Для этой цели используют следующую методику: 15—20 г мёда растворяют в 25—-30 мл физиологического раствора и центрифугируют. Из центрифугатов делают мазки, фиксиру­ют этиловым спиртом в течение 15 мин, высушивают на воз­духе, затем увлажняют фосфатным буфером с рН 7,4 и опять высушивают. Препараты окрашивают прямым способом. Для этого на мазок наносят каплю соответствующей флуоресци­рующей сыворотки, помещают в чашку Петри с влажным тампоном ваты и выдерживают при Температуре 37°С в то­чение 35—45 мин. Окрашенные мазки промывают тем же буферным раствором, дважды сменяя раствор через 20 мин, и ополаскивают дистиллированной водой. На высушенные мазки помещают каплю буферного глицерина, покрывают тонким покровным стеклом, на которое наносят нефлуорес­цирующее иммерсионное масло и просматривают под люми­несцентным микроскопом МЛ-2 по общепринятой методике.

Сыворотки по заявке поставляет Украинский научно-ис­следовательский институт экспериментальной ветеринарии.

Степень свечения микробных клеток оценивают по четы­рехбалльной системе:

+ + + +—сияющее золостисто-зеленоватое свечение палочек и спор Вас. larvae с ярко выраженными контурами микробных клеток;

+++—яркое зеленоватое свечение палочек и спор с чет­ко выраженными контурами;

+ +—умеренное зеленовато-желтоватое свечение клеток

и спор с отчетливыми контурами;

+—слабое сероватое свечение микробных клеток испор с неясными контурами;

- - клетки незаметны или в виде серых теней. Оценивают степень свечения большинства клеток. В конт­роле с чистой культурой Вас. larvae, окрашенной флуоресци­рующей антиларвейной сывороткой, свечение должно быть (+ + + +); при окраске препаратов, приготовленных из цент, рифугатов мёда антиальвейной флуоресцирующей сыворот­кой, свечение должно быть (+ +) и (+).
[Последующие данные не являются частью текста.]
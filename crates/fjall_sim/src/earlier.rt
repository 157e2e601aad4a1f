//! Lines that name a snapshot of an earlier list, which ask the core's own methods.

use crate::answer::answer;
use crate::calls::read_page;
use crate::list::Wording;
use crate::session::Session;
use fjall_base::Result;
use fjall_calls::{Engine, Reply, Ticket, View, pairs_reply, reply_of, value_reply};
use fjall_recorder::{Handle, LineError, Parsed, bytes, number, size};
use std::alloc::Global;

fn ticket_reply(opened: Result<Ticket>) -> Reply {
    match opened {
        Ok(ticket) => Reply::Opened(ticket),
        Err(error) => Reply::Refused(error),
    }
}

// A page of a snapshot.
fn page(alloc: Global, core: &mut Engine<Handle>, view: View, words: &[&str]) -> Parsed<Reply> {
    let page = read_page(alloc, words)?;
    Ok(pairs_reply(core.page_at(view, page.id, &page.range, page.is_back, page.max)))
}

// What a core replies to a line that names this snapshot.
fn asked(
    alloc: Global,
    core: &mut Engine<Handle>,
    ticket: Ticket,
    words: &[&str],
) -> Parsed<(Wording, Reply)> {
    let view = View::At(ticket);
    Ok(match words {
        ["get_at", _, id, key] => {
            let (id, key) = (number(id)?, bytes(alloc, key)?);
            (Wording::Plain, value_reply(core.get_at(view, id, &key)))
        }
        ["close_snapshot", _] => (Wording::Plain, reply_of(core.close_snapshot(ticket))),
        ["clone_snapshot", _] => (Wording::TicketId, ticket_reply(core.clone_snapshot(ticket))),
        ["clone_snapshot", _, "at"] => (Wording::Ticket, ticket_reply(core.clone_snapshot(ticket))),
        ["page_at", _, rest @ ..] => (Wording::Plain, page(alloc, core, view, rest)?),
        ["keys_at", _, rest @ ..] => (Wording::Keys, page(alloc, core, view, rest)?),
        _ => return Err(LineError::BadLine),
    })
}

impl Session {
    /// Whether a line names a snapshot of an earlier list, and a database is open.
    pub(crate) fn is_of_earlier(&self, words: &[&str]) -> bool {
        match words {
            [
                "get_at" | "page_at" | "keys_at" | "close_snapshot" | "clone_snapshot",
                number,
                ..
            ] => self.core.is_some() && self.list.is_earlier(number),
            _ => false,
        }
    }

    // The ticket of such a line's snapshot; where none is open, one that was never opened.
    fn earlier_ticket(&self, words: &[&str]) -> Parsed<Ticket> {
        let [_, word, ..] = words else {
            return Err(LineError::BadLine);
        };
        match self.tickets.get(size(word)?.wrapping_sub(1)) {
            Some(Some(ticket)) => Ok(*ticket),
            _ => Ok(Ticket::of_call(u64::MAX)),
        }
    }

    /// What such a line is answered.
    pub(crate) fn ask_earlier(&mut self, words: &[&str]) -> Parsed<String> {
        let ticket = self.earlier_ticket(words)?;
        let Some(core) = &mut *self.core else {
            return Err(LineError::BadLine);
        };
        let (wording, reply) = asked(self.alloc, core, ticket, words)?;
        let replies = [reply];
        let number = self.keep_ticket(wording, &replies)?;
        self.list.earlier = self.tickets.len();
        Ok(answer(self.alloc, wording, &replies, number)?)
    }
}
Мёд, инфицированный возбудителями гнильцовых болез­ней пчел, после автоклавирования при температуре 120°С в течение 20 мин может быть использован для кормления пчел или его направляют в кондитерскую промышленность.

 

Вопросы для самопроверки

1. Классификация мёда.

2. Материалы, используемые для фальсификации мёда.
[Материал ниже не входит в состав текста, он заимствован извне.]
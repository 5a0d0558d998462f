// BPAC, 3-0: tables 6.25 to 6.28. `more` areas come after the one at hand.
#![tactic(auto)]

ghost use Rattle.std.specs.Prelude.{◌≡◌, ◌%◌};
ghost use Rattle.answer.specs.Matched.{Matched};
ghost use Rattle.bpac.specs.Machine.{bpac_field, bpac_step, areas_from, blocks_from, group_field, groups_from, counted, last_node};

use codes::satellites::set_bits;
use codes::tables::last_group_field;
use layout::{Field, up_to};

// SF072, the ID of an area of BPAC: counted apart from SF031.
#[derive(Clone, Copy)]
pub struct BpacAreaId(pub u8);

#[derive(Clone, Copy)]
pub enum State {
    Siou,
    Reserved,
    Height,
    Count,
    Id(u64),
    Latitude(u64),
    Longitude(u64),
    Rows(u64),
    // the rows' code
    Columns(u64, u8),
    // from here on the number of the last node, the first being 0
    LatitudeSpacing(u64, u64),
    LongitudeSpacing(u64, u64),
    Average(u64, u64),
    // a group of the node mask: last node, groups after this one, bits that were set before it
    Nodes(u64, u64, u64, u64),
    // a VTEC block: blocks after it
    Quality(u64, u64),
    Size(u64, u64),
    Residual(u64, u64, u64),
    Done,
}

// A group of the node mask: 64 bits, and what is left in the last one.
fn group_field(last: u64, groups: u64) -> Field
    ensures { result ≡ group_field last groups }
{
    if groups == 0 {
        return last_group_field(79, last);
    }
    up_to(79, 64, 18446744073709551615)
}

fn residual_field(size: u64) -> Field
    ensures { result ≡ bpac_field (State.Residual 0 0 size) }
{
    if size == 0 {
        return fields::sf(82);
    }
    fields::sf(83)
}

pub fn field_of(s: State) -> Field
    ensures { result ≡ bpac_field s }
{
    field_by_state(s)
}

fn field_by_state(s: State) -> Field
    ensures { Matched bpac_field s result }
{
    match s {
        State::Siou => fields::sf(5),
        State::Reserved => fields::sf(69),
        State::Height => fields::sf(70),
        State::Count => fields::sf(71),
        State::Id(_) => fields::sf(72),
        State::Latitude(_) => fields::sf(73),
        State::Longitude(_) => fields::sf(74),
        State::Rows(_) => fields::sf(75),
        State::Columns(_, _) => fields::sf(76),
        State::LatitudeSpacing(_, _) => fields::sf(77),
        State::LongitudeSpacing(_, _) => fields::sf(78),
        State::Average(_, _) => fields::sf(80),
        State::Nodes(_, last, groups, _) => group_field(last, groups),
        State::Quality(_, _) => fields::sf(55),
        State::Size(_, _) => fields::sf(81),
        State::Residual(_, _, size) => residual_field(size),
        State::Done => up_to(0, 0, 0),
    }
}

fn low_byte(code: u64) -> u8
    ensures { result ≡ code % 256 }
{
    (code % 256) as u8
}

// Both codes mean one more.
fn last_node(rows: u8, columns: u8) -> u64
    ensures { result ≡ last_node rows columns }
{
    let r = rows as u64;
    let c = columns as u64;
    (r + 1) * (c + 1) - 1
}

fn areas_from(n: u64) -> State
    ensures { result ≡ areas_from n }
{
    if n == 0 {
        return State::Done;
    }
    State::Id(n - 1)
}

fn blocks_from(more: u64, n: u64) -> State
    ensures { result ≡ blocks_from more n }
{
    if n == 0 {
        return areas_from(more);
    }
    State::Quality(more, n - 1)
}

// Counts on; a count as high as the test is never met, there are 256 nodes at most.
fn count_on(seen: u64, mask: u64) -> u64
    ensures { result ≡ counted seen mask }
{
    let set = set_bits(mask);
    if seen < 4294967296 {
        return seen + set;
    }
    seen
}

fn groups_from(more: u64, last: u64, groups: u64, seen: u64) -> State
    ensures { result ≡ groups_from more last groups seen }
{
    if groups == 0 {
        return blocks_from(more, seen);
    }
    State::Nodes(more, last, groups - 1, seen)
}

// The states after the rows, after the columns and after a group of the node mask.
fn rows_read(more: u64, code: u64) -> State
    ensures { result ≡ bpac_step (State.Rows more) code }
{
    State::Columns(more, low_byte(code))
}

fn columns_read(more: u64, rows: u8, code: u64) -> State
    ensures { result ≡ bpac_step (State.Columns more rows) code }
{
    State::LatitudeSpacing(more, last_node(rows, low_byte(code)))
}

fn group_read(more: u64, last: u64, groups: u64, seen: u64, code: u64) -> State
    ensures { result ≡ bpac_step (State.Nodes more last groups seen) code }
{
    groups_from(more, last, groups, count_on(seen, code))
}

pub fn advance(s: State, code: u64) -> State
    ensures { result ≡ bpac_step s code }
{
    next_by_state(s, code)
}

fn next_by_state(s: State, code: u64) -> State
    ensures { Matched (λ x. bpac_step x code) s result }
{
    match s {
        State::Siou => State::Reserved,
        State::Reserved => State::Height,
        State::Height => State::Count,
        State::Count => State::Id(code),
        State::Id(more) => State::Latitude(more),
        State::Latitude(more) => State::Longitude(more),
        State::Longitude(more) => State::Rows(more),
        State::Rows(more) => rows_read(more, code),
        State::Columns(more, rows) => columns_read(more, rows, code),
        State::LatitudeSpacing(more, last) => State::LongitudeSpacing(more, last),
        State::LongitudeSpacing(more, last) => State::Average(more, last),
        State::Average(more, last) => State::Nodes(more, last, last / 64, 0),
        State::Nodes(more, last, groups, seen) => group_read(more, last, groups, seen, code),
        State::Quality(more, left) => State::Size(more, left),
        State::Size(more, left) => State::Residual(more, left, code),
        State::Residual(more, left, _) => blocks_from(more, left),
        State::Done => State::Done,
    }
}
3. Характеристики искусственного мёда.

4. Основные показатели натурального мёда (влага, кис­лотность, диастаза, примеси и др.).

5. Характеристика подогретого и незрелого мёда.
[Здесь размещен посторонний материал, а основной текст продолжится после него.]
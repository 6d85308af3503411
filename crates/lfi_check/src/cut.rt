//! Code that is judged piece by piece, in pieces that may be cut within a word.

ghost use Rattle.std.specs.Prelude.{◌≡◌, ◌+◌, ◌*◌, ◌%◌, ◌<◌, ◌≤◌, ℕ, List, [], ◌∷◌, length, true, false};
ghost use Rattle.a64_word.specs.Words.{words_of};
ghost use Rattle.lfi_module.specs.Numbers.{most_words};
ghost use Rattle.lfi_rules.specs.Faults.{FirstFault};
ghost use Rattle.lfi_check.specs.Begun.{Begins};
ghost use Rattle.lfi_check.specs.Cuts.{bytes_of, count_of, BeginsCut, Takes};

use crate::beginning::Beginning;
use a64_word::WORD_BYTES;
use lfi_rules::Fault;

/// The first bytes of a word whose other bytes are to come; none, where the bytes that came are whole words.
#[derive(Clone, Copy)]
pub enum CutWord {
    Nothing,
    One(u8),
    Two(u8, u8),
    Three(u8, u8, u8),
}

impl CutWord {
    /// How many bytes of it came: 0 to 3.
    fn count(self) -> usize
        ensures is { result ≡ length (bytes_of self) }
        ensures few { result < 4 }
    {
        match self {
            CutWord::Nothing => 0,
            CutWord::One(_) => 1,
            CutWord::Two(_, _) => 2,
            CutWord::Three(_, _, _) => 3,
        }
    }
}

/// A module of which a beginning came that may be cut within a word: its whole words are judged, and it keeps no byte of
/// them.
#[derive(Clone, Copy)]
pub struct CutBeginning {
    /// The whole words that came.
    pub whole: Beginning,
    /// What came after them.
    pub word: CutWord,
}

impl CutBeginning {
    /// That of whole words.
    pub fn of(whole: Beginning) -> CutBeginning
        ensures begins { (bytes : List ℕ) → Begins whole bytes → BeginsCut result bytes }
        ensures is { result ≡ record { whole = whole; word = CutWord.Nothing } }
    {
        CutBeginning {
            whole,
            word: CutWord::Nothing,
        }
    }

    /// Whether `bytes` bytes more are no more than are to come.
    pub fn has_room(self, bytes: usize) -> bool
        ensures yes { result ≡ true → count_of self + bytes ≤ 4 * self.whole.words }
        ensures no { result ≡ false → 4 * self.whole.words < count_of self + bytes }
    {
        let came = self.whole.judged as usize * WORD_BYTES + self.word.count();
        let all = self.whole.words as usize * WORD_BYTES;
        came <= all && bytes <= all - came
    }

    /// One byte more.
    fn with_byte(self, byte: u8) -> CutBeginning
        requires room { count_of self < 4 * self.whole.words }
        requires most { self.whole.words ≤ most_words }
        ensures { Takes self result (byte ∷ []) }
    {
        let whole = self.whole;
        match self.word {
            CutWord::Nothing => CutBeginning {
                whole,
                word: CutWord::One(byte),
            },
            CutWord::One(a) => CutBeginning {
                whole,
                word: CutWord::Two(a, byte),
            },
            CutWord::Two(a, b) => CutBeginning {
                whole,
                word: CutWord::Three(a, b, byte),
            },
            CutWord::Three(a, b, c) => CutBeginning::of(whole.with(&[a, b, c, byte])),
        }
    }

    /// Some bytes more, one by one.
    fn with_bytes(self, piece: &[u8]) -> CutBeginning
        requires room { count_of self + length piece.now ≤ 4 * self.whole.words }
        requires most { self.whole.words ≤ most_words }
        ensures { Takes self result piece.now }
    {
        let mut cut = self;
        for byte in piece {
            cut = cut.with_byte(*byte);
        }
        cut
    }

    /// Some words more, after whole words.
    fn with_words(self, piece: &[u8]) -> CutBeginning
        requires aligned { 0 < length piece.now → length (bytes_of self.word) ≡ 0 }
        requires whole { length piece.now % 4 ≡ 0 }
        requires room { count_of self + length piece.now ≤ 4 * self.whole.words }
        requires most { self.whole.words ≤ most_words }
        ensures { Takes self result piece.now }
    {
        if piece.is_empty() {
            return self;
        }
        CutBeginning::of(self.whole.with(piece))
    }

    /// One piece more, cut anywhere, and no more than is to come.
    pub fn with(self, piece: &[u8]) -> CutBeginning
        requires room { count_of self + length piece.now ≤ 4 * self.whole.words }
        requires most { self.whole.words ≤ most_words }
        ensures { Takes self result piece.now }
    {
        let open = (WORD_BYTES - self.word.count()) % WORD_BYTES;
        let (head, rest) = piece.split_at(open.min(piece.len()));
        let (words, tail) = rest.split_at(rest.len() - rest.len() % WORD_BYTES);
        self.with_bytes(head).with_words(words).with_bytes(tail)
    }

    /// The first fault of the whole words that came.
    pub fn fault(self) -> Option<Fault>
        ensures { (bytes : List ℕ) → BeginsCut self bytes → FirstFault self.whole.profile (words_of bytes) self.whole.words result }
    {
        self.whole.fault
    }

    /// The module's beginning, where the bytes that came are whole words.
    pub fn ended(self) -> Beginning
        ensures begins { (bytes : List ℕ) → BeginsCut self bytes → length bytes % 4 ≡ 0 → Begins result bytes }
        ensures is { result ≡ self.whole }
    {
        self.whole
    }
}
6. Особенности осадка при кристаллизации мёда.

7. Ветсанэкспертиза мёда.

8. Органолептические методы исследования мёда.

9. Лабораторные методы исследования мёда при подозре­нии на фальсификацию.

10. Ветсаноценка мёда.

ЛИТЕРАТУРА

1. Колоболотский Г. В. Справочник по ветеринарно-санитарной экс­пертизе продуктов на мясо-молочных и пищевых контрольных станциях.— М.: Колос, 1974.—239 с.

2. Правила ветеринарно-санитарной экспертизы меда на мясо-молочных и пищевых контрольных станциях и в ветеринарных лабораториях ГУВМСХ СССР.—М.: Колос, 1979.—12 с.

3. Пчеловодство. Термины и определения. ГОСТ,25629-83.

4. Житенко П. В., Боровков М. В., Макаров В. А. Справочник по ветеринарно-санитарной экспертизе продуктов животноводства.—М.: Колос, 1980.—189 с.

б. Ряховский В. И. Мед, воск, прополис.—Алма-Ата: Кайнар, 1983.— 83 с.

6. Чернигов В. Д. Мед.—Минск: Урожай, 1979.—78 с.

7. Чудаков В. Г Технология продуктов пчеловодства.—М.: Колос, 1979.—49 с.

8. Касаткин В. С. Ветеринарно-санитарная экспертиза меда ГСХИ, Горький, 1985.—29 с.